#### [Work item]
Look through the listing below and give the number of lines that hold "listed". Say nothing more.

Data for analysis Start Marker

//! The events of an index: one traversal of the value for all [`Printer`](printer::Printer)s, which turn events into
//! text. An event is a begin, a value or an end, with its position in the structure.
#![tactic(auto)]

mod bitmaps;
pub mod document;
pub mod event;
mod marks;
pub mod printer;
mod trees;
mod undo;
mod untracked;
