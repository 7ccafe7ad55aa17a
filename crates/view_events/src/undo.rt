//! The events of resolved conflicts.

ghost use Rattle.std.specs.Prelude.{map};
ghost use Rattle.std.specs.Option.{option_map};
ghost use Rattle.ext_small.specs.ResolveUndo.{path_stages};
ghost use Rattle.view_events.specs.Event.{Sends, AddsEvents};
ghost use Rattle.view_events.specs.Undo.{path_events, undo_events};

use crate::event::Datum::{Absent, Side};
use crate::event::Event::{BeginArray, BeginObject, Bytes, EndArray, EndObject, Value};
use crate::event::Where::{Element, Member};
use crate::event::{Item, Key};
use crate::printer::{Printer, Text};
use base_text::append::Appended;
use base_text::block::put_block;
use ext_small::resolve_undo::{Paths, ResolvePath};
use index_parts::hash::io::Out;
use std::io;

/// Appends a path and its three sides.
#[tactic(auto, unfolding(crate::specs::Undo::path_events))]
fn append_path<P: Printer>(text: &mut Text, place: usize, path: &ResolvePath) -> Appended
    ensures { AddsEvents P.spell result text.old text.new (path_events place (path_stages path.now)) }
{
    let sides = path.stages();
    let at = Element(Item::ResolvedPath, 1, place);
    let stages = Member(Key::Stages, 2, 1);
    text.put_all::<P>(&[
        BeginObject(at),
        Bytes(Member(Key::ResolvedPath, 2, 0), path.name()),
        BeginArray(stages, 3),
        Value(Element(Item::Base, 3, 0), Side(sides[0])),
        Value(Element(Item::Ours, 3, 1), Side(sides[1])),
        Value(Element(Item::Theirs, 3, 2), Side(sides[2])),
        EndArray(stages),
        EndObject(at),
    ])
}

/// Appends the paths that were in conflict. Text that fills a block is written.
pub fn write_undo<P: Printer, W: Out>(
    text: &mut Text,
    paths: Option<&Paths>,
    out: &mut W,
) -> io::Result<()>
    ensures { Sends P.spell W.Out out.old out.new result text.old text.new
        (undo_events (option_map (λ p. map path_stages p.now.items) paths.entry)) }
{
    let at = Member(Key::ResolveUndo, 0, 6);
    let Some(paths) = paths else {
        return Ok(P::put(text, Value(at, Absent))?);
    };
    P::put(text, BeginArray(at, paths.len()))?;
    for (place, path) in paths.iter().enumerate() {
        append_path::<P>(text, place, path)?;
        put_block(&mut text.bytes, out)?;
    }
    Ok(P::put(text, EndArray(at))?)
}
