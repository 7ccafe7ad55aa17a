//! The events of the cache tree extension (TREE).

ghost use Rattle.std.specs.Option.{option_map};
ghost use Rattle.ext_tree.specs.Tree.{node_of};
ghost use Rattle.view_events.specs.Event.{Sends, AddsEvents};
ghost use Rattle.view_events.specs.Trees.{cached_tree_events, tree_events, tree_opened};

use crate::event::Datum::{Absent, Count, Id};
use crate::event::Event::{BeginArray, BeginObject, Bytes, EndArray, EndObject, Value};
use crate::event::Where::{self, Element, Member};
use crate::event::{Item, Key};
use crate::printer::{Printer, Text};
use base_text::append::Appended;
use base_text::block::put_block;
use ext_tree::Tree;
use index_parts::hash::io::Out;
use std::io;

/// Appends a directory up to its list of directories. Its members are at depth `depth`.
#[tactic(auto, unfolding(crate::specs::Trees::opened_events))]
fn append_own<P: Printer>(text: &mut Text, at: Where, depth: u32, tree: &Tree) -> Appended
    ensures { AddsEvents P.spell result text.old text.new (tree_opened at depth tree.now) }
{
    text.put_all::<P>(&[
        BeginObject(at),
        Bytes(Member(Key::DirectoryName, depth, 0), tree.name.as_slice()),
        Value(Member(Key::DirectoryId, depth, 1), Id(Some(tree.id))),
        Value(Member(Key::NumEntries, depth, 2), Count(tree.num_entries)),
        BeginArray(Member(Key::Children, depth, 3), tree.children.len()),
    ])
}

/// Appends a directory and all below it. Text that fills a block is written.
fn write_directory<P: Printer, W: Out>(
    text: &mut Text,
    at: Where,
    depth: u32,
    tree: &Tree,
    out: &mut W,
) -> io::Result<()>
    ensures { Sends P.spell W.Out out.old out.new result text.old text.new
        (tree_events at depth (node_of tree.now)) }
{
    append_own::<P>(text, at, depth, tree)?;
    put_block(&mut text.bytes, out)?;
    for (place, child) in tree.children.iter().enumerate() {
        let child_at = Element(Item::Child, depth.saturating_add(1), place);
        write_directory::<P, W>(text, child_at, depth.saturating_add(2), child, out)?;
    }
    Ok(text.put_all::<P>(&[EndArray(Member(Key::Children, depth, 3)), EndObject(at)])?)
}

/// Appends a tree from its root on. Text that fills a block is written.
pub fn write_tree<P: Printer, W: Out>(
    text: &mut Text,
    tree: Option<&Tree>,
    out: &mut W,
) -> io::Result<()>
    ensures { Sends P.spell W.Out out.old out.new result text.old text.new
        (cached_tree_events (option_map (λ t. node_of t.now) tree.entry)) }
{
    let at = Member(Key::Tree, 0, 4);
    let Some(tree) = tree else {
        return Ok(P::put(text, Value(at, Absent))?);
    };
    write_directory::<P, W>(text, at, 1, tree, out)
}
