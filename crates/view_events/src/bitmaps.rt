//! The events of a bitmap, and of the parts that have bitmaps: a link and a file system monitor.

ghost use Rattle.std.specs.Prelude.{◌≡◌};
ghost use Rattle.std.specs.Option.{option_map};
ghost use Rattle.ext_bitmap.specs.Bitmap.{bitmap};
ghost use Rattle.ext_small.specs.FsMonitor.{monitor_of, token_value};
ghost use Rattle.ext_split.specs.Link.{link_of};
ghost use Rattle.view_events.specs.Bitmaps.{bitmap_events, link_events, monitor_events, token_event};
ghost use Rattle.view_events.specs.Event.{AddsEvents, event_of};

use crate::event::Datum::{Absent, Answer, Id, Number};
use crate::event::Event::{self, BeginObject, Bytes, EndObject, Ranges, Value};
use crate::event::Key;
use crate::event::Where::{self, Member};
use crate::printer::{Printer, Text};
use base_text::append::Appended;
use ext_bitmap::ewah;
use ext_bitmap::ranges::set_bits;
use ext_small::FsMonitor;
use ext_small::fs_monitor::Token;
use ext_split::link::Link;

/// Appends a bitmap as an object: its number of bits, and the bits that are set. The members are at depth `depth`.
#[tactic(auto, unfolding(crate::specs::Bitmaps::bitmap_events))]
fn append_bitmap<P: Printer>(text: &mut Text, at: Where, depth: u32, map: &ewah::Vec) -> Appended
    ensures { AddsEvents P.spell result text.old text.new (bitmap_events at depth (bitmap map.now)) }
{
    let bits = set_bits(*text.bytes.allocator(), map)?;
    let num_bits = Number(u64::from(map.num_bits()));
    let is_malformed = Answer(bits.is_malformed);
    P::put(text, BeginObject(at))?;
    P::put(text, Value(Member(Key::NumBits, depth, 0), num_bits))?;
    P::put(text, Ranges(Member(Key::SetBits, depth, 1), &bits.ranges))?;
    P::put(
        text,
        Value(Member(Key::IsMalformed, depth, 2), is_malformed),
    )?;
    P::put(text, EndObject(at))
}

/// Appends the link to a shared index: its id, and which entries of the shared index are deleted or replaced.
#[tactic(auto, unfolding(crate::specs::Bitmaps::link_events))]
pub fn append_link<P: Printer>(text: &mut Text, link: Option<&Link>) -> Appended
    ensures { AddsEvents P.spell result text.old text.new
        (link_events (option_map (λ l. link_of l.now) link.entry)) }
{
    let at = Member(Key::Link, 0, 5);
    let Some(link) = link else {
        return P::put(text, Value(at, Absent));
    };
    let id = Id(Some(link.shared_index_checksum));
    let field = Value(Member(Key::SharedIndexChecksum, 1, 0), id);
    text.put_all::<P>(&[BeginObject(at), field])?;
    let bitmaps = Member(Key::Bitmaps, 1, 1);
    let Some(pair) = &link.bitmaps else {
        return text.put_all::<P>(&[Value(bitmaps, Absent), EndObject(at)]);
    };
    P::put(text, BeginObject(bitmaps))?;
    append_bitmap::<P>(text, Member(Key::Delete, 2, 0), 3, &pair.delete)?;
    append_bitmap::<P>(text, Member(Key::Replace, 2, 1), 3, &pair.replace)?;
    text.put_all::<P>(&[EndObject(bitmaps), EndObject(at)])
}

/// Returns the event of a token: the time of the monitor's last query, or its text.
#[tactic(auto, unfolding(crate::specs::Bitmaps::token_event))]
fn event_of_token<'a>(token: &'a Token) -> Event<'a>
    ensures { event_of result ≡ token_event (token_value token.now) }
{
    match token {
        Token::V1 { nanos_since_1970 } => {
            Value(Member(Key::NanosSince1970, 1, 0), Number(*nanos_since_1970))
        }
        Token::V2 { token } => Bytes(Member(Key::Token, 1, 0), token.as_bytes()),
    }
}

/// Appends the file system monitor: its token, and which entries may have changed.
pub fn append_monitor<P: Printer>(text: &mut Text, monitor: Option<&FsMonitor>) -> Appended
    ensures { AddsEvents P.spell result text.old text.new
        (monitor_events (option_map (λ m. monitor_of m.now) monitor.entry)) }
{
    let at = Member(Key::FsMonitor, 0, 8);
    let Some(monitor) = monitor else {
        return P::put(text, Value(at, Absent));
    };
    text.put_all::<P>(&[BeginObject(at), event_of_token(monitor.token())])?;
    append_bitmap::<P>(
        text,
        Member(Key::EntryDirty, 1, 1),
        2,
        monitor.entry_dirty(),
    )?;
    P::put(text, EndObject(at))
}
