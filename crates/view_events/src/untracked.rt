//! The events of an untracked cache.

ghost use Rattle.std.specs.Prelude.{map};
ghost use Rattle.std.specs.Option.{option_map};
ghost use Rattle.bstr.specs.Owned.{bstring_bytes};
ghost use Rattle.ext_untracked.specs.Blocks.{directory_value};
ghost use Rattle.ext_untracked.specs.Untracked.{cache_of};
ghost use Rattle.view_events.specs.Event.{Sends, AddsEvents, listed};
ghost use Rattle.view_events.specs.Untracked.{cache_begin, cached_events, name_events, subdirectory_events, untracked_events};

use crate::event::Datum::{Absent, Number};
use crate::event::Event::{
    BeginArray, BeginCollection, BeginObject, Bytes, DirectoryFacts, EndArray, EndObject,
    ExcludeFile, Value,
};
use crate::event::Where::{Element, Member};
use crate::event::{Item, Key};
use crate::printer::{Printer, Text};
use base_text::append::Appended;
use base_text::block::put_block;
use bstr::BString;
use ext_untracked::{Directory, UntrackedCache};
use index_parts::hash::io::Out;
use std::io;

/// Appends names of untracked files.
#[tactic(auto, unfolding(crate::specs::Untracked::name_events))]
fn append_names<P: Printer>(text: &mut Text, names: &[BString]) -> Appended
    ensures { AddsEvents P.spell result text.old text.new
        (listed name_events (map bstring_bytes names.now)) }
{
    for (place, name) in names.iter().enumerate() {
        let at = Element(Item::UntrackedEntry, 4, place);
        P::put(text, BeginObject(at))?;
        P::put(
            text,
            Bytes(Member(Key::UntrackedName, 5, 0), name.as_bytes()),
        )?;
        P::put(text, EndObject(at))?;
    }
    Ok(())
}

/// Appends indices of directories.
fn append_places<P: Printer>(text: &mut Text, places: &[usize]) -> Appended
    ensures { AddsEvents P.spell result text.old text.new (listed subdirectory_events places.now) }
{
    for (index, place) in places.iter().enumerate() {
        let place = Number(*place as u64);
        P::put(text, Value(Element(Item::SubDirectory, 4, index), place))?;
    }
    Ok(())
}

/// Appends a directory: the facts about it, its untracked files, and the indices of its directories.
fn append_directory<P: Printer>(text: &mut Text, place: usize, directory: &Directory) -> Appended
    ensures { AddsEvents P.spell result text.old text.new
        (cached_events place (directory_value directory.now)) }
{
    let at = Element(Item::Directory, 2, place);
    let (names, places) = (directory.untracked_entries(), directory.sub_directories());
    let untracked = Member(Key::UntrackedEntries, 3, 4);
    let subs = Member(Key::SubDirectories, 3, 5);
    P::put(text, BeginObject(at))?;
    P::put(text, DirectoryFacts(directory))?;
    P::put(text, BeginArray(untracked, names.len()))?;
    append_names::<P>(text, names)?;
    P::put(text, EndArray(untracked))?;
    P::put(text, BeginArray(subs, places.len()))?;
    append_places::<P>(text, places)?;
    P::put(text, EndArray(subs))?;
    P::put(text, EndObject(at))
}

/// Appends the number of directories, and the fields of the cache itself.
#[tactic(auto, unfolding(crate::specs::Untracked::cache_begin))]
fn append_begin<P: Printer>(text: &mut Text, cache: &UntrackedCache) -> Appended
    ensures { AddsEvents P.spell result text.old text.new (cache_begin (cache_of cache.now)) }
{
    let count = cache.directories().len();
    let flags = Number(u64::from(cache.dir_flags()));
    text.put_all::<P>(&[
        BeginCollection(Member(Key::Untracked, 0, 7), count),
        Bytes(Member(Key::Identifier, 1, 0), cache.identifier()),
        Value(Member(Key::DirFlags, 1, 1), flags),
        Bytes(
            Member(Key::ExcludeFilenamePerDir, 1, 2),
            cache.exclude_filename_per_dir(),
        ),
        ExcludeFile(Member(Key::InfoExclude, 1, 3), cache.info_exclude()),
        ExcludeFile(Member(Key::ExcludesFile, 1, 4), cache.excludes_file()),
        BeginArray(Member(Key::Directories, 1, 5), count),
    ])
}

/// Appends the untracked cache. Text that fills a block is written.
pub fn write_untracked<P: Printer, W: Out>(
    text: &mut Text,
    cache: Option<&UntrackedCache>,
    out: &mut W,
) -> io::Result<()>
    ensures { Sends P.spell W.Out out.old out.new result text.old text.new
        (untracked_events (option_map (λ c. cache_of c.now) cache.entry)) }
{
    let at = Member(Key::Untracked, 0, 7);
    let Some(cache) = cache else {
        return Ok(P::put(text, Value(at, Absent))?);
    };
    append_begin::<P>(text, cache)?;
    for (place, directory) in cache.directories().iter().enumerate() {
        append_directory::<P>(text, place, directory)?;
        put_block(&mut text.bytes, out)?;
    }
    Ok(text.put_all::<P>(&[EndArray(Member(Key::Directories, 1, 5)), EndObject(at)])?)
}
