//! Opens a register, and ends one that is on a file.
ghost use Rattle.std.specs.Prelude.{◌≡◌, true, false, IsTrue, IfOk, IfErr};
ghost use Rattle.sqlite.specs.Held.{state};
ghost use Rattle.sqlite.specs.Files.{file_state, IsClosed};
ghost use Rattle.sqlite_store.specs.FileStore.{view, log_frames, files as store_files};
ghost use Rattle.sqlite_trees.specs.View.{IsClean};
ghost use Rattle.sqlite.specs.State.{HasCleanDisk, store_error};
ghost use Rattle.sqlite.specs.Opening.{is_open_error};
ghost use Rattle.sqlite.specs.Steps.{over_memory};
ghost use Rattle.register_store.specs.Holdings.{Has};
ghost use Rattle.register_store.specs.Registers.{is_failure};
ghost use Rattle.register_sql.specs.Binding.{IsSettled};
ghost use Rattle.register_sql.specs.Stores.{in_store, no_rows};
ghost use Rattle.register_sql.specs.Runs.{IsFoundIn, IsCopied, IsLeft};
ghost use Rattle.sqlite.specs.WalFiles.{image_at};
ghost use Rattle.sqlite.specs.WalReads.{AreClean};

use crate::link::fault_of;
use crate::sql::SqlRegister;
use register_store::StoreFault;
use sqlite::{Connection, Error, File, FileFrom, FileStore, Files, MemStore, Start, Unknown};
use sqlite_disk::Disk;
use std::alloc::Global;

impl SqlRegister<MemStore> {
    /// Opens a register on a new database in memory, which has no rows and needs no file. Fault:
    /// NoMemory.
    pub fn in_memory(alloc: Global) -> Result<SqlRegister<MemStore>, StoreFault>
        ensures new { IfOk result (λ r. (r.bound ≡ false) × (r.stations ≡ 0) × (r.refusals ≡ 0)) }
        ensures going { IfOk result (λ r. r.stopped ≡ false) }
        ensures quiet { IfOk result (λ r. HasCleanDisk (state over_memory r.conn)) }
        ensures empty { IfOk result
            (λ r. Has (in_store (state over_memory r.conn)) (λ c. c ≡ no_rows)) }
        ensures memory { IfErr result (λ fault. fault ≡ StoreFault.NoMemory) }
    {
        match Connection::open_in_memory(alloc) {
            Ok(conn) => Ok(SqlRegister::adopt(conn)),
            Err(_) => Err(StoreFault::NoMemory),
        }
    }
}

impl SqlRegister<FileStore<File>> {
    /// Opens a register on the database in a file, whatever the file holds: no clause promises
    /// which rows the store has. Faults: NoMemory or Store, as by [`fault_of`].
    pub fn on_file(
        rt: &HostRuntime,
        alloc: Global,
        path: &str,
    ) -> Result<SqlRegister<FileStore<File>>, StoreFault>
        ensures new { IfOk result (λ r. (r.bound ≡ false) × (r.stations ≡ 0) × (r.refusals ≡ 0)) }
        ensures going { IfOk result (λ r. r.stopped ≡ false) }
        ensures open { IfOk result
            (λ r. HasCleanDisk (file_state r.conn) → IsSettled (file_state r.conn)) }
        ensures faults { IfErr result (λ fault. is_failure fault ≡ true) }
    {
        match SqlRegister::on_file_from(rt, alloc, path, Unknown) {
            Ok(register) => Ok(register),
            Err(error) => Err(fault_of(error)),
        }
    }
}

impl<S: Start> SqlRegister<FileStore<FileFrom<S>>> {
    /// Opens a register on the database in a file. `S` describes what the file and its log hold
    /// when they are opened; the store then has those rows, or none if they hold no database yet.
    /// Returns the error of the opening; [`fault_of`] turns it into a fault.
    pub fn on_file_from(
        rt: &HostRuntime,
        _alloc: Global,
        path: &str,
        start: S,
    ) -> Result<SqlRegister<FileStore<FileFrom<S>>>, Error>
        ensures new { IfOk result (λ r. (r.bound ≡ false) × (r.stations ≡ 0) × (r.refusals ≡ 0)) }
        ensures going { IfOk result (λ r. r.stopped ≡ false) }
        ensures open { IfOk result
            (λ r. HasCleanDisk (file_state r.conn) → IsSettled (file_state r.conn)) }
        ensures found { IfOk result (λ r. HasCleanDisk (file_state r.conn)
            → IsFoundIn (image_at S.Start) (in_store (file_state r.conn))) }
        ensures named { IfErr result (λ error. IsTrue (is_open_error error)) }
    {
        match Connection::open_from(rt, path, false, start) {
            Ok(conn) => Ok(SqlRegister::adopt(conn)),
            Err((error, _)) => Err(error),
        }
    }
}

impl<D: Disk + Drop> SqlRegister<FileStore<D>> {
    /// Ends the register without copying the log, and returns its two files as a killed program
    /// leaves them. Whatever the end of the program, or a crash, leaves of them holds a database
    /// whose rows the store may have had.
    pub fn let_go(self) -> Files<D>
        ensures { AreClean D.Disk result.log result.db
            → IsLeft D.Disk (in_store (file_state self.conn)) result }
    {
        self.into_connection().into_store().close()
    }

    /// Copies every row from the log into the database file, and returns the two files. From then
    /// on the database file alone has all rows, and the log is empty. Returns the error of the
    /// copying with the two files, for which no clause promises more.
    pub fn close(self) -> Result<Files<D>, (Error, Files<D>)>
        ensures copied { IfOk result (λ files. AreClean D.Disk files.log files.db
            → IsCopied D.Disk (in_store (file_state self.conn)) files) }
        ensures emptied { IfOk result (λ files. (last : _)
            × (store_files last ≡ (files.log, files.db)) × IsClosed self.conn last
            × (IsClean (view last) → IsTrue (view last).is_open × (log_frames last ≡ 0))) }
        ensures usable { IfOk result (λ files. IsTrue (D.Disk.is_usable files.log)
            × IsTrue (D.Disk.is_usable files.db)) }
        ensures cause { IfErr result (λ failed. (cause : _) × (failed.0 ≡ store_error cause)) }
    {
        match self.into_connection().close_files() {
            Ok(files) => Ok(files),
            Err((error, store)) => Err((error, store.close())),
        }
    }
}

Data for analysis End Marker

#### [Answer to this task]
3